Extracted data entries:
--- START ---

//! The end of a pool, once all its stations are back.
ghost use Rattle.std.specs.Prelude.{ℕ, List, Option, IfOk, OnOk};
ghost use Rattle.seated_desk.specs.Claims.{AreNoted};
ghost use Rattle.slot_chain.specs.Slots.{AddsSlots};
ghost use Rattle.seated_desk.specs.Settled.{AreSettled, AreWhole, claimed, listed};

use crate::station::Station;
use region_cut::Slot;
use slot_audit::{Drawn, Fault, audit};
use slot_chain::NoMemory;
use std::alloc::Global;

// How often all stations take and post, at most.
const ROUNDS: u32 = 4096;

// All stations take what came and post what is cached, once. Says how many batches moved.
fn move_once(shelf: &mut [Station<'_>]) -> u64
    ensures { AreSettled shelf.old shelf.new }
{
    let mut moved = 0u64;
    for station in shelf.iter_mut() {
        moved = moved.saturating_add(station.take() as u64);
        moved = moved.saturating_add(station.post());
    }
    moved
}

/// All that was freed goes home.
pub(crate) fn settle(shelf: &mut [Station<'_>])
    ensures { AreSettled shelf.old shelf.new }
{
    for _ in 0..ROUNDS {
        if move_once(shelf) == 0 {
            return;
        }
    }
}

// Adds the slots that these stations have.
fn list_all(shelf: &[Station<'_>], found: &mut Vec<Slot>) -> Result<(), NoMemory>
    ensures { OnOk result (AddsSlots (listed shelf.now) found.old.items found.new.items) }
{
    for station in shelf {
        station.list(found)?;
    }
    Ok(())
}

// Which chunks the stations claimed.
fn noted(alloc: Global, shelf: &[Station<'_>]) -> Result<Drawn, Fault>
    ensures { IfOk result (λ drawn. AreNoted drawn (claimed shelf.now)) }
{
    let Ok(mut drawn) = Drawn::new(alloc) else {
        return Err(Fault::NoMemory);
    };
    for station in shelf {
        station.drawer.note_all(&mut drawn);
    }
    Ok(drawn)
}

/// Whether each slot of each chunk that the stations claimed is at one of them, once.
pub(crate) fn judge(alloc: Global, shelf: &[Station<'_>]) -> Result<(), Fault>
    ensures { IfOk result (λ _. (drawn : List (Option ℕ)) × AreNoted drawn (claimed shelf.now) × AreWhole drawn shelf.now) }
{
    let drawn = noted(alloc, shelf)?;
    let mut found = Vec::new(alloc);
    if list_all(shelf, &mut found).is_err() {
        return Err(Fault::NoMemory);
    }
    audit(alloc, found.as_slice(), &drawn)
}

--- END ---

Task prompt
Give the records above again, word for word.

Task result
//! The end of a pool, once all its stations are back.
ghost use Rattle.std.specs.Prelude.{ℕ, List, Option, IfOk, OnOk};
ghost use Rattle.seated_desk.specs.Claims.{AreNoted};
ghost use Rattle.slot_chain.specs.Slots.{AddsSlots};
ghost use Rattle.seated_desk.specs.Settled.{AreSettled, AreWhole, claimed, listed};

use crate::station::Station;
use region_cut::Slot;
use slot_audit::{Drawn, Fault, audit};
use slot_chain::NoMemory;
use std::alloc::Global;

// How often all stations take and post, at most.
const ROUNDS: u32 = 4096;

// All stations take what came and post what is cached, once. Says how many batches moved.
fn move_once(shelf: &mut [Station<'_>]) -> u64
    ensures { AreSettled shelf.old shelf.new }
{
    let mut moved = 0u64;
    for station in shelf.iter_mut() {
        moved = moved.saturating_add(station.take() as u64);
        moved = moved.saturating_add(station.post());
    }
    moved
}

/// All that was freed goes home.
pub(crate) fn settle(shelf: &mut [Station<'_>])
    ensures { AreSettled shelf.old shelf.new }
{
    for _ in 0..ROUNDS {
        if move_once(shelf) == 0 {
            return;
        }
    }
}

// Adds the slots that these stations have.
fn list_all(shelf: &[Station<'_>], found: &mut Vec<Slot>) -> Result<(), NoMemory>
    ensures { OnOk result (AddsSlots (listed shelf.now) found.old.items found.new.items) }
{
    for station in shelf {
        station.list(found)?;
    }
    Ok(())
}

// Which chunks the stations claimed.
fn noted(alloc: Global, shelf: &[Station<'_>]) -> Result<Drawn, Fault>
    ensures { IfOk result (λ drawn. AreNoted drawn (claimed shelf.now)) }
{
    let Ok(mut drawn) = Drawn::new(alloc) else {
        return Err(Fault::NoMemory);
    };
    for station in shelf {
        station.drawer.note_all(&mut drawn);
    }
    Ok(drawn)
}

/// Whether each slot of each chunk that the stations claimed is at one of them, once.
pub(crate) fn judge(alloc: Global, shelf: &[Station<'_>]) -> Result<(), Fault>
    ensures { IfOk result (λ _. (drawn : List (Option ℕ)) × AreNoted drawn (claimed shelf.now) × AreWhole drawn shelf.now) }
{
    let drawn = noted(alloc, shelf)?;
    let mut found = Vec::new(alloc);
    if list_all(shelf, &mut found).is_err() {
        return Err(Fault::NoMemory);
    }
    audit(alloc, found.as_slice(), &drawn)
}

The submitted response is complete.